Supplied records:

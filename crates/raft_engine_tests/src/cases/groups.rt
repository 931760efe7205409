//! Histories of atomic groups.

use crate::batches::Part::{Begin, Clean, Compact, End, Entries, Put};
use crate::cases::{APPENDED, Case, REWRITTEN};
use crate::engine::Step;
use crate::engine::Step::{Append, ApplyGroup, Purge, Read, Rewrite, Tell, TellCleaned};

/// Returns the histories of atomic groups.
pub fn cases() -> &'static [Case] {
    &CASES
}

static CASES: [Case; 15] = [
    // A group that is open when the append file goes, and one that is whole.
    Case {
        steps: &[
            Append(1, &[Entries(1, 5)]),
            Rewrite(1, Some(1), &[Begin(9), Entries(1, 5)]),
            Purge(APPENDED, 1),
        ],
        kept: "[1,5)",
        found: "",
    },
    Case {
        steps: &[
            Append(1, &[Entries(1, 5)]),
            Rewrite(1, Some(1), &[Begin(9), Entries(1, 3)]),
            Rewrite(1, Some(1), &[End(9), Entries(3, 5)]),
            ApplyGroup(1, 1),
            Purge(APPENDED, 1),
        ],
        kept: "[1,5)",
        found: "[1,5)",
    },
    // A group of which the table isn't told: the file of its Begin goes, and with it the group.
    Case {
        steps: &[
            Append(1, &[Entries(1, 5)]),
            Rewrite(1, Some(1), &[Begin(9), Entries(1, 3)]),
            Rewrite(2, Some(1), &[End(9), Entries(3, 5)]),
            Append(2, &[Compact(3)]),
            Tell(2, &[Compact(3)]),
            Purge(APPENDED, 2),
            Purge(REWRITTEN, 1),
        ],
        kept: "[3,5)",
        found: "",
    },
    Case {
        steps: &[
            Append(1, &[Entries(1, 5)]),
            Rewrite(1, Some(1), &[Begin(9), Entries(1, 3)]),
            Rewrite(2, Some(1), &[End(9), Entries(3, 5)]),
            ApplyGroup(1, 2),
            Append(2, &[Compact(3)]),
            Tell(2, &[Compact(3)]),
            Purge(APPENDED, 2),
            Purge(REWRITTEN, 1),
        ],
        kept: "[3,5)",
        found: "[3,5)",
    },
    // A second group while a record is left in the first: the table remembers the second alone.
    Case {
        steps: &[
            Append(1, &[Entries(1, 3), Put("v")]),
            Rewrite(1, Some(1), &[Begin(8), Entries(1, 3)]),
            Rewrite(2, Some(1), &[End(8), Put("v")]),
            ApplyGroup(1, 2),
            Append(2, &[Entries(3, 5)]),
            Rewrite(3, Some(2), &[Begin(9), Entries(3, 4)]),
            Rewrite(3, Some(2), &[End(9), Entries(4, 5)]),
            ApplyGroup(3, 3),
            Append(3, &[Compact(3)]),
            Tell(3, &[Compact(3)]),
            Purge(APPENDED, 3),
            Purge(REWRITTEN, 1),
        ],
        kept: "[3,5)k=v",
        found: "[3,5)",
    },
    Case {
        steps: &[
            Append(1, &[Entries(1, 3), Put("v")]),
            Rewrite(1, Some(1), &[Begin(8), Entries(1, 3)]),
            Rewrite(2, Some(1), &[End(8), Put("v")]),
            ApplyGroup(1, 2),
            Append(2, &[Entries(3, 5)]),
            Rewrite(3, Some(2), &[Entries(3, 5)]),
            Append(3, &[Compact(3)]),
            Tell(3, &[Compact(3)]),
            Purge(APPENDED, 3),
            Purge(REWRITTEN, 1),
        ],
        kept: "[3,5)k=v",
        found: "[3,5)k=v",
    },
    // A Clean that is told while a group of its region is open.
    Case {
        steps: &[
            Append(1, &[Entries(1, 5)]),
            Rewrite(1, Some(1), &[Entries(1, 5)]),
            Purge(APPENDED, 1),
            Rewrite(2, None, &[Begin(9), Entries(1, 5)]),
            Append(2, &[Clean]),
            TellCleaned(2),
            Rewrite(2, None, &[End(9)]),
            Purge(APPENDED, 2),
        ],
        kept: "",
        found: "[1,5)",
    },
    Case {
        steps: &[
            Append(1, &[Entries(1, 5)]),
            Rewrite(1, Some(1), &[Entries(1, 5)]),
            Purge(APPENDED, 1),
            Rewrite(2, None, &[Begin(9), Entries(1, 5)]),
            Append(2, &[Clean]),
            Rewrite(2, None, &[End(9)]),
            TellCleaned(2),
            Purge(APPENDED, 2),
        ],
        kept: "",
        found: "",
    },
    // A file that is deleted while a group is open that moves its records.
    Case {
        steps: &[
            Append(1, &[Entries(1, 5)]),
            Rewrite(1, Some(1), &[Entries(1, 5)]),
            Purge(APPENDED, 1),
            Rewrite(2, None, &[Begin(9), Entries(1, 5)]),
            Purge(REWRITTEN, 1),
        ],
        kept: "[1,5)",
        found: "",
    },
    Case {
        steps: &[
            Append(1, &[Entries(1, 5)]),
            Rewrite(1, Some(1), &[Entries(1, 5)]),
            Purge(APPENDED, 1),
            Rewrite(2, None, &[Begin(9), Entries(1, 5)]),
            Rewrite(2, None, &[End(9)]),
            ApplyGroup(2, 2),
            Purge(REWRITTEN, 1),
        ],
        kept: "[1,5)",
        found: "[1,5)",
    },
    // The same while its second batch isn't written (see `MISSED`).
    Case {
        steps: &[
            Append(1, &[Entries(1, 5)]),
            Rewrite(1, Some(1), &[Entries(1, 5)]),
            Purge(APPENDED, 1),
            Rewrite(2, None, &[Begin(9), Entries(1, 3)]),
            Read(3),
            Rewrite(2, None, &[End(9), Entries(3, 5)]),
            ApplyGroup(2, 2),
            Purge(REWRITTEN, 1),
            Read(3),
        ],
        kept: "[1,5)",
        found: "[1,5)",
    },
    // A group whose entries fall from batch to batch.
    Case {
        steps: &[
            Append(1, &[Entries(1, 5)]),
            Rewrite(1, Some(1), &[Entries(1, 5)]),
            Purge(APPENDED, 1),
            Rewrite(2, None, &[Begin(9), Entries(3, 5)]),
            Rewrite(2, None, &[End(9), Entries(1, 3)]),
            ApplyGroup(2, 2),
            Purge(REWRITTEN, 1),
        ],
        kept: "[1,5)",
        found: "[1,3)",
    },
    Case {
        steps: &[
            Append(1, &[Entries(1, 5)]),
            Rewrite(1, Some(1), &[Entries(1, 5)]),
            Purge(APPENDED, 1),
            Rewrite(2, None, &[Begin(9), Entries(1, 3)]),
            Rewrite(2, None, &[End(9), Entries(3, 5)]),
            ApplyGroup(2, 2),
            Purge(REWRITTEN, 1),
        ],
        kept: "[1,5)",
        found: "[1,5)",
    },
    // A group that begins in one file without records, and has them in the next: the table is to know the first.
    Case {
        steps: &[
            Append(1, &[Entries(1, 5)]),
            Rewrite(1, Some(1), &[Begin(9)]),
            Rewrite(2, Some(1), &[End(9), Entries(1, 5)]),
            ApplyGroup(2, 2),
            Purge(APPENDED, 1),
            Purge(REWRITTEN, 1),
        ],
        kept: "[1,5)",
        found: "",
    },
    Case {
        steps: &[
            Append(1, &[Entries(1, 5)]),
            Rewrite(1, Some(1), &[Begin(9)]),
            Rewrite(2, Some(1), &[End(9), Entries(1, 5)]),
            ApplyGroup(1, 2),
            Purge(APPENDED, 1),
            Purge(REWRITTEN, 1),
        ],
        kept: "[1,5)",
        found: "[1,5)",
    },
];

/// Returns histories whose last step reads an entry of a file that was deleted too early.
pub fn histories_that_miss_a_file() -> &'static [&'static [Step]] {
    &MISSED
}

// A file that is deleted while a group is open that has moved the first of its entries: the table asks for no older file
// than theirs.
static MISSED: [&[Step]; 1] = [&[
    Append(1, &[Entries(1, 5)]),
    Rewrite(1, Some(1), &[Entries(1, 5)]),
    Purge(APPENDED, 1),
    Rewrite(2, None, &[Begin(9), Entries(1, 3)]),
    Purge(REWRITTEN, 1),
    Read(3),
]];
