use crate::boxed_table::BoxedTable;
use crate::neighbor::Neighbor;
use raft_base::{Error, FileSeq, LogQueue, Result};
use raft_table::{GlobalStats, MemTable, Run, TableChange};
use std::alloc::Global;
use std::collections::HashMap;
use std::collections::hash_map::IntoIter;
use std::marker::Model;

/// The tables of the regions of one slot, each under its region's id. Calls that change records also change
/// the live counts, `stats`, which the caller keeps. The records of the tables must be counted there.
#[doc(hidden)]
#[derive(Drop)]
pub struct RegionTables {
    /// The tables, each under its region's id.
    tables: HashMap<u64, BoxedTable>,
    /// The allocator of new tables.
    pub(crate) alloc: Global,
}

impl Model for RegionTables {
    ghost use Rattle.std.specs.FinMap as finite;
    ghost use Rattle.std.specs.Coded.{coded_ℕ};
    ghost use Rattle.raft_table.specs.TableCode.{table_code};
    ghost use Rattle.raft_history.specs.RegionSteps.{Tables};

    ghost Value = { Tables };

    ghost coded = { finite.code coded_ℕ table_code };

    ghost use Rattle.raft_accessor.specs.RegionTablesView.{tables_shown, AreTablesKept};

    ghost view = { tables_shown };

    ghost invariant = { AreTablesKept };
}

impl RegionTables {
    /// Returns a slot without tables. It allocates nothing yet.
    pub fn new(alloc: Global) -> RegionTables
        ensures { result ≡ finite.empty }
    {
        RegionTables {
            tables: HashMap::new(alloc),
            alloc,
        }
    }

    /// Tests whether no region of the slot has a table.
    pub fn is_empty(&self) -> bool
        ensures { IsTrue result ↔ (self.now ≡ finite.empty) }
    {
        self.tables.is_empty()
    }

    /// Returns the table of the region `id`, or `None` if it has none.
    pub fn get(&self, id: u64) -> Option<&MemTable>
        ensures value { option_map (λ t. t.now) result ≡ finite.get self.now id }
        ensures own { IfSome result (λ t. t.now.region_id ≡ id) }
    {
        match self.tables.get(&id) {
            Some(table) => Some(table.get()),
            None => None,
        }
    }

    /// Appends the tables for which `f` returns true to `tables`, in no set order. `f` is called once with
    /// each table of the slot.
    ///
    /// # Errors
    ///
    /// `Memory` alone. Some of the tables have been appended then.
    pub(crate) fn push_matching<'a, F: FnMut(&MemTable) -> bool>(
        &'a self,
        f: &mut F,
        tables: &mut Vec<&'a MemTable>,
    ) -> Result<()>
        requires { F.IsAlwaysCallable f.old }
        ensures callable { OnOk result (F.IsAlwaysCallable f.new) }
        ensures ok { OnOk result ((ts : List Table) × IsPermutation ts (finite.values self.now)
            × FoldsTo (Collects F.FnMut) (f.old, map (λ t. t.now) tables.old.items) ts
            (f.new, map (λ t. t.now) tables.new.items)) }
        ensures memory { IfErr result (λ e. e ≡ Error.Memory) }
    {
        for table in self.tables.values() {
            let table = table.get();
            if f(table) {
                tables.push(table)?;
            }
        }
        Ok(())
    }

    /// Returns how many entries all tables have together.
    pub(crate) fn entries_count(&self) -> u128
        ensures entries { result ≡ total (λ (t : Table). length t.entries) self.now }
        ensures others { result + total (λ (t : Table). finite.len t.keys) self.now
            ≡ live_in_all Append self.now + live_in_all Rewrite self.now }
    {
        let mut count = 0;
        for table in self.tables.values() {
            let table = table.get();
            table.holds_one_run();
            count += table.entries_count() as u128;
        }
        count
    }

    /// Calls `f` with `init` and a table of the slot, then with what it returned and the next table, and so
    /// on, once for each table, in no set order. Returns what the last call returned, or `init` if there are
    /// no tables.
    pub fn fold<B: Drop, F: FnMut(B, &MemTable) -> B>(&self, init: B, f: &mut F) -> B
        requires { (state : F) (x : _) (t : _) → F.pre state x t }
        ensures { (ts : List Table) × IsPermutation ts (finite.values self.now)
            × FoldsTo (Makes F.FnMut) (f.old, init) ts (f.new, result) }
    {
        let mut answer = init;
        for table in self.tables.values() {
            answer = f(answer, table.get());
        }
        answer
    }

    /// Appends the region ids of the tables for which `wanted` returns true to `ids`, in no set order.
    /// `wanted` is called once with each table of the slot.
    ///
    /// # Errors
    ///
    /// `Memory` alone. Some of the ids have been appended then.
    pub fn push_ids<F: FnMut(&MemTable) -> bool>(
        &self,
        wanted: &mut F,
        ids: &mut Vec<u64>,
    ) -> Result<()>
        requires { (state : F) (x : _) → F.pre state x }
        ensures ok { OnOk result ((ts : List Table) × IsPermutation ts (finite.values self.now)
            × FoldsTo (KeepsId F.FnMut) (wanted.old, ids.old.items) ts
            (wanted.new, ids.new.items)) }
        ensures memory { IfErr result (λ e. e ≡ Error.Memory) }
    {
        for table in self.tables.values() {
            let table = table.get();
            if wanted(table) {
                ids.push(table.region_id())?;
            }
        }
        Ok(())
    }

    /// States that each table is kept under its own region's id. This is a law: it computes nothing.
    pub fn tables_are_own(&self)
        ensures { (id : ℕ) (t : Table) → finite.get self.now id ≡ Some t → t.region_id ≡ id }
    {
        let _ = &self.tables;
    }

    /// Makes an empty table for the region `id`, unless it has one. The live counts `stats` stay the same.
    ///
    /// # Errors
    ///
    /// `Memory` alone. The tables are unchanged then.
    pub fn make_if_missing(&mut self, id: u64, stats: &mut GlobalStats) -> Result<()>
        requires { IsCounted (table_in self.old id) stats.old }
        ensures outcome { BecomesOutcome (Some (table_in self.old id)) (λ e. ⊥) self.old id
            stats.old result self.new stats.new }
        ensures counts { stats.new ≡ stats.old }
    {
        self.update(id, stats, |_, _| Ok(()))
    }

    /// Makes one change of the table of the region `id`, for which an empty one is made first if it has none.
    /// Returns how many entries a compaction or a truncation dropped, and 0 for any other change.
    ///
    /// # Errors
    ///
    /// Those of [`MemTable::change`]; `Memory`. Tables and counts are unchanged then, and no table has been
    /// made.
    pub fn change(&mut self, id: u64, change: TableChange, stats: &mut GlobalStats) -> Result<u64>
        requires { IsCounted (table_in self.old id) stats.old }
        ensures { IsChangeTried change id self.old stats.old result self.new stats.new }
    {
        self.update(id, stats, move |table, stats| table.change(change, stats))
    }

    /// Puts `run`, which was read from `queue`, into the table of the region `id`. A region without a table
    /// gets an empty one first. Returns the index of the first entry that the table had before and the index
    /// after the last one, both 0 if it had none.
    ///
    /// Returns `None`, and changes nothing, if the table would refuse the run or there is no memory.
    #[inline(always)]
    pub(crate) fn try_replay(
        &mut self,
        queue: LogQueue,
        id: u64,
        run: &Run<'_>,
        stats: &mut GlobalStats,
    ) -> Option<(u64, u64)>
        requires run { IsRunIn queue (run_shown run.now) }
        requires counted { IsCounted (table_in self.old id) stats.old }
        ensures { IsRunTried queue id (run_shown run.now) self.old stats.old result self.new
            stats.new }
    {
        let Some(table) = self.tables.get_mut(&id) else {
            return self.try_replay_into_new(queue, id, run, stats);
        };
        let ends = table.boxed.ends();
        if !table.boxed.try_replay(queue, run, stats) {
            return None;
        }
        Some(ends)
    }

    /// Puts `run`, which was read from `queue`, into a new table of the region `id`, which has none. Returns
    /// two zeros, as [`RegionTables::try_replay`] does for a table that had no entries. Returns `None`, and
    /// makes no table, if that would refuse the run or there is no memory.
    #[inline(always)]
    fn try_replay_into_new(
        &mut self,
        queue: LogQueue,
        id: u64,
        run: &Run<'_>,
        stats: &mut GlobalStats,
    ) -> Option<(u64, u64)>
        requires first { finite.get self.old id ≡ None }
        requires run { IsRunIn queue (run_shown run.now) }
        ensures { IsRunTried queue id (run_shown run.now) self.old stats.old result self.new
            stats.new }
    {
        if self.tables.reserve(1).is_err() {
            return None;
        }
        let Ok(mut table) = BoxedTable::empty(self.alloc, id) else {
            return None;
        };
        if !table.boxed.try_replay(queue, run, stats) {
            return None;
        }
        match self.tables.insert(id, table) {
            Ok(_) => Some((0, 0)),
            Err(_) => unreachable!(),
        }
    }

    /// Sets the first and the last file of the atomic group of the region `id` in the rewrite queue to
    /// `start` and `end`, of which `start` is the lesser or the same. If the region has no table, an empty
    /// one is made first. The live counts stay the same.
    ///
    /// # Errors
    ///
    /// `Memory` alone. The tables are unchanged then.
    pub fn apply_rewrite_atomic_group(
        &mut self,
        id: u64,
        start: FileSeq,
        end: FileSeq,
        stats: &mut GlobalStats,
    ) -> Result<()>
        requires seqs { start ≤ end }
        requires counted { IsCounted (table_in self.old id) stats.old }
        ensures outcome { BecomesOutcome
            (Some (record (table_in self.old id) { atomic_group = Some (start, end) }))
            (λ e. ⊥) self.old id stats.old result self.new stats.new }
        ensures counts { stats.new ≡ stats.old }
    {
        self.update(id, stats, move |table, _| {
            table.apply_rewrite_atomic_group(start, end);
            Ok(())
        })
    }

    /// Returns the tables, each with the id of its region, in no set order.
    pub fn into_entries(self) -> IntoIter<u64, BoxedTable>
        ensures entries { finite.from_entries result ≡ self }
        ensures once { IsDistinct nat_eq (keys_of result) }
        ensures own { (id : ℕ) (t : Table) → lookup (nat_eq id) result ≡ Some t → t.region_id ≡ id }
    {
        self.tables.into_iter()
    }

    /// Merges `newer`, a table of the region `id`, into the table of that region, as `kind` says. If the
    /// region has none, an empty one is made first, which stays even if the merge is refused.
    ///
    /// # Errors
    ///
    /// Those of [`MemTable::merge_newer_neighbor`] or [`MemTable::merge_append_table`]. The table of the
    /// region is unchanged then, unless the error is `Memory`. `newer` is dropped.
    pub(crate) fn merge_neighbor(
        &mut self,
        kind: Neighbor,
        id: u64,
        newer: BoxedTable,
        stats: &mut GlobalStats,
    ) -> Result<()>
        requires region { newer.region_id ≡ id }
        requires counted { IsCounted (table_in self.old id) stats.old }
        ensures { IsTableMerged (with_neighbor kind (table_in self.old id) newer)
            (IsFaultBeside kind stats.new (table_in self.old id) newer) self.old id stats.old result
            self.new stats.new }
    {
        self.update_and_keep(id, stats, move |table, stats| {
            merge_by_kind(kind, table, newer, stats)
        })
    }

    /// Calls `change` with the table of the region `id` and the live counts, and returns its answer. If the
    /// region has no table, an empty one is made first. What `change` leaves is kept even if it fails, in a
    /// new table too; [`RegionTables::update`] drops a new one then.
    ///
    /// # Errors
    ///
    /// Those of `change`; `Memory` if no table can be made, and nothing has changed then.
    #[inline(always)]
    fn update_and_keep<R: Drop, F: FnOnce(&mut MemTable, &mut GlobalStats) -> Result<R>>(
        &mut self,
        id: u64,
        stats: &mut GlobalStats,
        change: F,
    ) -> Result<R>
    where
        F: Drop,
        requires counted { IsCounted (table_in self.old id) stats.old }
        requires may { (table_in self.old id).region_id ≡ id
            → MayAlter F.FnOnce change (table_in self.old id) stats.old }
        ensures { IsAltered F.FnOnce change self.old id stats.old result self.new stats.new }
    {
        if let Some(table) = self.tables.get_mut(&id) {
            return change(&mut table.boxed, stats);
        }
        self.tables.reserve(1)?;
        let mut table = BoxedTable::empty(self.alloc, id)?;
        let answer = change(&mut table.boxed, stats);
        match self.tables.insert(id, table) {
            Ok(_) => answer,
            Err(_) => unreachable!(),
        }
    }

    /// Calls `change` with the table of the region `id` and the live counts, and returns its answer. If the
    /// region has no table, an empty one is made first. The table is looked up once. A `change` that fails
    /// must leave table and counts as they were.
    ///
    /// # Errors
    ///
    /// Those of `change`; `Memory` if no table can be made. Nothing has changed then, and no table has been
    /// made.
    #[inline(always)]
    pub(crate) fn update<R: Drop, F: FnOnce(&mut MemTable, &mut GlobalStats) -> Result<R>>(
        &mut self,
        id: u64,
        stats: &mut GlobalStats,
        change: F,
    ) -> Result<R>
    where
        F: Drop,
        requires counted { IsCounted (table_in self.old id) stats.old }
        requires may { MayChange F.FnOnce change (table_in self.old id) stats.old }
        ensures { IsUpdated F.FnOnce change self.old id stats.old result self.new stats.new }
    {
        if let Some(table) = self.tables.get_mut(&id) {
            return change(&mut table.boxed, stats);
        }
        self.tables.reserve(1)?;
        let mut table = BoxedTable::empty(self.alloc, id)?;
        let answer = change(&mut table.boxed, stats)?;
        match self.tables.insert(id, table) {
            Ok(_) => Ok(answer),
            Err(_) => unreachable!(),
        }
    }
}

Work request:
Scan the data above; copy every line where "returned" appears.

Exercise answer:
    /// Calls `f` with `init` and a table of the slot, then with what it returned and the next table, and so
    /// on, once for each table, in no set order. Returns what the last call returned, or `init` if there are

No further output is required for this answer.